» TASK TO CARRY OUT
In the entries below, how many lines contain the word "common"? State the number and nothing more.

» Dataset records
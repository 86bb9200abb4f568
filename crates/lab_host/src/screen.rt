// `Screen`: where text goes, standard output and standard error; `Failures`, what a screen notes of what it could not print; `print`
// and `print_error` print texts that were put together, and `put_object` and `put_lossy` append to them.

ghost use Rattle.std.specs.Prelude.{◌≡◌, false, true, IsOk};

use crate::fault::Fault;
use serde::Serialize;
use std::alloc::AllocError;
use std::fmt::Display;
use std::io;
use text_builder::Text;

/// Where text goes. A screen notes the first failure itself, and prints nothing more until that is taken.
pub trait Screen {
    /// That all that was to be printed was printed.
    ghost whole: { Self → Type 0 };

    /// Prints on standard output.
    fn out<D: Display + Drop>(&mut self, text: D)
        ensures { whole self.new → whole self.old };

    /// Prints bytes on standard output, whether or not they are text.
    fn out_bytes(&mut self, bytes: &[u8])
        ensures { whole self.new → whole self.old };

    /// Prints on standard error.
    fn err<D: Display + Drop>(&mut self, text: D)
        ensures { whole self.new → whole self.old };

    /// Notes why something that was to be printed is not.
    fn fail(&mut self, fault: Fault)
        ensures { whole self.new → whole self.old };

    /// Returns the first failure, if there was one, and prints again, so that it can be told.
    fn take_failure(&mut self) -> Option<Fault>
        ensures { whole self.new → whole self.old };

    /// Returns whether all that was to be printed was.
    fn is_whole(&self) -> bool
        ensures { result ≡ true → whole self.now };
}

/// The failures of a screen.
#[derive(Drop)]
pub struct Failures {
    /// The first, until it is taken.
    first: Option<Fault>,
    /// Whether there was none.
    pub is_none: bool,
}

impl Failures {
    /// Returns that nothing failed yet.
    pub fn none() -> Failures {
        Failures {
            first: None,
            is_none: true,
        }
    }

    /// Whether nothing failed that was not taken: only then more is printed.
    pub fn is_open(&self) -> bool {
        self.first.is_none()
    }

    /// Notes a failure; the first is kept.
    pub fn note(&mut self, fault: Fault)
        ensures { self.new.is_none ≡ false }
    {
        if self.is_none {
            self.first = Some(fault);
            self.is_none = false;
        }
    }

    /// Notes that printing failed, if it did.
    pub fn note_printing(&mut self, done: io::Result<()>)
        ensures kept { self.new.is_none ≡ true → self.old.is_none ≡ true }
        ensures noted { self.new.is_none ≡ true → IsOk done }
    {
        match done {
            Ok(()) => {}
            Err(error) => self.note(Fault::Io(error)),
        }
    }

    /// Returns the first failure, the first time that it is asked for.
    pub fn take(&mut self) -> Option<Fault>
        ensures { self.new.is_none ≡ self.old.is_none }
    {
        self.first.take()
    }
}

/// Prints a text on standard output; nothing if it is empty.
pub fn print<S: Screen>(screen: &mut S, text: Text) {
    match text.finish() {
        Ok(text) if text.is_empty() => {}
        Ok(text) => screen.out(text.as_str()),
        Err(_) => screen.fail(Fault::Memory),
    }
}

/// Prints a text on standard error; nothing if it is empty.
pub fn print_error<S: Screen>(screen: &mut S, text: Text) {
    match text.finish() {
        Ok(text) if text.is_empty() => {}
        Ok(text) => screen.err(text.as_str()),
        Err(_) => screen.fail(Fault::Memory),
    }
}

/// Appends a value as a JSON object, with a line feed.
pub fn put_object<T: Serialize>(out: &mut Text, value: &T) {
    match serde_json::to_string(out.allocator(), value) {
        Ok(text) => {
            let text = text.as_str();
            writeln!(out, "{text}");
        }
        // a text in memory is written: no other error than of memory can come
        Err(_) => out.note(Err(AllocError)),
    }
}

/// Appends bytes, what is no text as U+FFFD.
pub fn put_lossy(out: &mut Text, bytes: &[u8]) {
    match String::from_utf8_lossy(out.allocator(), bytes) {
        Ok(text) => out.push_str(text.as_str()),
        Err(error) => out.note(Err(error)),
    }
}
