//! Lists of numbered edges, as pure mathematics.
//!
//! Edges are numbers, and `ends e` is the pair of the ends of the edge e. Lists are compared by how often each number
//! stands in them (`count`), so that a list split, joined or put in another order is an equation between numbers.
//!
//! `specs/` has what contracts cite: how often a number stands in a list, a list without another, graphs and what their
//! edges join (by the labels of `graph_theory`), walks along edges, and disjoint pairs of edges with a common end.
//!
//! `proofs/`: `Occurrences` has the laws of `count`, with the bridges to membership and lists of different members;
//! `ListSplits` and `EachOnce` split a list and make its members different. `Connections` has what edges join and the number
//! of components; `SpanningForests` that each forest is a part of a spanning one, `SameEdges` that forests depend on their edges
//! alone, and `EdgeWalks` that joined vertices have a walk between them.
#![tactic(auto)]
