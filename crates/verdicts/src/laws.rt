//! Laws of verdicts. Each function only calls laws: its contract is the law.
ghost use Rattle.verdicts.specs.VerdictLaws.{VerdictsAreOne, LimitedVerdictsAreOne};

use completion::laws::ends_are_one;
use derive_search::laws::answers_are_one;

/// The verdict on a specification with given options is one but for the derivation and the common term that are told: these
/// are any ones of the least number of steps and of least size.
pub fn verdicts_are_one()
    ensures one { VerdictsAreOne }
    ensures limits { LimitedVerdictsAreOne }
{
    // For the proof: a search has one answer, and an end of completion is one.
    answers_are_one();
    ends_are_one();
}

==

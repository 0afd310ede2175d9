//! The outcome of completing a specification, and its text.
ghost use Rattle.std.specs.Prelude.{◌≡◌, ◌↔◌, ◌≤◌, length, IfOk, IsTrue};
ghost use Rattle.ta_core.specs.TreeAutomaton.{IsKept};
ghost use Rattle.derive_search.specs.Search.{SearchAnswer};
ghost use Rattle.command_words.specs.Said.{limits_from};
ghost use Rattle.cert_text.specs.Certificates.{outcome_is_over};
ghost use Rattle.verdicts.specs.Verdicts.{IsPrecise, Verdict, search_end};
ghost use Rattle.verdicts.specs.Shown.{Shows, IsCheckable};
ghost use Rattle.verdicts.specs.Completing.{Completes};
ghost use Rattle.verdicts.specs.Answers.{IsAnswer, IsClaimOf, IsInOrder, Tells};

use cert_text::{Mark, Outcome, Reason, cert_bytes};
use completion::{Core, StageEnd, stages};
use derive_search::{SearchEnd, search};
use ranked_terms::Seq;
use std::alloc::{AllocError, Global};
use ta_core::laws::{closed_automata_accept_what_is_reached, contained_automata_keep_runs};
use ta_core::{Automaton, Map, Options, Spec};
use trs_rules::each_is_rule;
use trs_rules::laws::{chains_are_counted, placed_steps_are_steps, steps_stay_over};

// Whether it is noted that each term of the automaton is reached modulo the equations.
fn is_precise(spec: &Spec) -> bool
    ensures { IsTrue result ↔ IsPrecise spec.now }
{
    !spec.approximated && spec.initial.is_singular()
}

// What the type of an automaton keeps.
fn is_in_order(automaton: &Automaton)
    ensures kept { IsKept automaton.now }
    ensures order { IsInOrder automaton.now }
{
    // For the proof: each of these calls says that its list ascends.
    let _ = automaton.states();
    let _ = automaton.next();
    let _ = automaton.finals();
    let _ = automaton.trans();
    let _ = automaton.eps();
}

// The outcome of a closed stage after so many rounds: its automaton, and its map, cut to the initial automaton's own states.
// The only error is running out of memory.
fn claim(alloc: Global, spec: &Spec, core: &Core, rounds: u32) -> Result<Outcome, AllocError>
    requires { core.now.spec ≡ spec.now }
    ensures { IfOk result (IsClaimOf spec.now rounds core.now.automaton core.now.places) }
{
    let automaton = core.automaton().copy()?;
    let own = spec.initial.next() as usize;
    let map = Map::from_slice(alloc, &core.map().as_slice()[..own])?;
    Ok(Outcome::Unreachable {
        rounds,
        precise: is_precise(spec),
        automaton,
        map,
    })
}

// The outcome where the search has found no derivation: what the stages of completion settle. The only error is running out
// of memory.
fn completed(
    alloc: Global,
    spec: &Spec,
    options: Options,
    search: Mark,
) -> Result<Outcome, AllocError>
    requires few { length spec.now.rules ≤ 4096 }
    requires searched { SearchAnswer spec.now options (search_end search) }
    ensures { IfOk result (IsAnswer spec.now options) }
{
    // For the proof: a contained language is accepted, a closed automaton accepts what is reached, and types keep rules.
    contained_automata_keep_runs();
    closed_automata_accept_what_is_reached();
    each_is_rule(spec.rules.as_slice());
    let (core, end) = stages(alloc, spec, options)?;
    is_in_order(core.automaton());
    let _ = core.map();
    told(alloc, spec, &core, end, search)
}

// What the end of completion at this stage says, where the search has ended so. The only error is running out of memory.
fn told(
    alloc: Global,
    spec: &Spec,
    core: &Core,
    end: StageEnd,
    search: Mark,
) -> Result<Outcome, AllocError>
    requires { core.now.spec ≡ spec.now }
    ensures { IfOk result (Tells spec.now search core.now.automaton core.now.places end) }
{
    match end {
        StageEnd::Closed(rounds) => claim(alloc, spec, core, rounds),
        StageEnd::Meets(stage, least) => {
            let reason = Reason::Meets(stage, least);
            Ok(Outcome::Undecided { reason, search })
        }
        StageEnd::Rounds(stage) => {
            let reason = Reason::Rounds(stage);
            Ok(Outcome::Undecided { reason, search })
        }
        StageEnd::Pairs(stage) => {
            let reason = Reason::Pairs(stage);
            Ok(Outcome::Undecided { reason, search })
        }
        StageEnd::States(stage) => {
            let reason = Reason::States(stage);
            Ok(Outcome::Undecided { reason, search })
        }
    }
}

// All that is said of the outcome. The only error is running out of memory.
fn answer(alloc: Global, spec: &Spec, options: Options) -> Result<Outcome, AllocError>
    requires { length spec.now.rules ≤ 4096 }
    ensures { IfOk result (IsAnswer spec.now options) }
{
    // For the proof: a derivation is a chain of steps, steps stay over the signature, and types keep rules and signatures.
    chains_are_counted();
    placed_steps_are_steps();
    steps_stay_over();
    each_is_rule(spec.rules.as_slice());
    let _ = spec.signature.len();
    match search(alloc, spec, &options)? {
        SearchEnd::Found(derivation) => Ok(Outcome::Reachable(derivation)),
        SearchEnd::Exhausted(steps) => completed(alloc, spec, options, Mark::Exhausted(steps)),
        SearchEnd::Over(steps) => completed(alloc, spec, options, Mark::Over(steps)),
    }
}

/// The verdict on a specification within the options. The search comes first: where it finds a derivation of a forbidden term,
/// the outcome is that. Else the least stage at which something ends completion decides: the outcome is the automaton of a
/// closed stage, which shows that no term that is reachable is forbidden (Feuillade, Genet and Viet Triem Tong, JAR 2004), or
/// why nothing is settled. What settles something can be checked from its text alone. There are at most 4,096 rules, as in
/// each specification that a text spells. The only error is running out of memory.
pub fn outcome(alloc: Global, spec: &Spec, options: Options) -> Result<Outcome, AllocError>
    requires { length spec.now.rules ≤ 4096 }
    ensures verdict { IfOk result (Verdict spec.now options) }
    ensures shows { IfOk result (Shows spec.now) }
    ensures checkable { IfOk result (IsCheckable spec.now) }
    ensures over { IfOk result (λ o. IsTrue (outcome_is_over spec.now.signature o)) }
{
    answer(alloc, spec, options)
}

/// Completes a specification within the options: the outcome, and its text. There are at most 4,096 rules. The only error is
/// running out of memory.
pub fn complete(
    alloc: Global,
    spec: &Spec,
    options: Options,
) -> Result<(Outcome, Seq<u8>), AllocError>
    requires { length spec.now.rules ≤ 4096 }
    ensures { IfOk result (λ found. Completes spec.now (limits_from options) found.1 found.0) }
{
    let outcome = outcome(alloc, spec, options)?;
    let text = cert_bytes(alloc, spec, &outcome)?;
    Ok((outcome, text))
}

» RESPONSE TO THE EXERCISE
2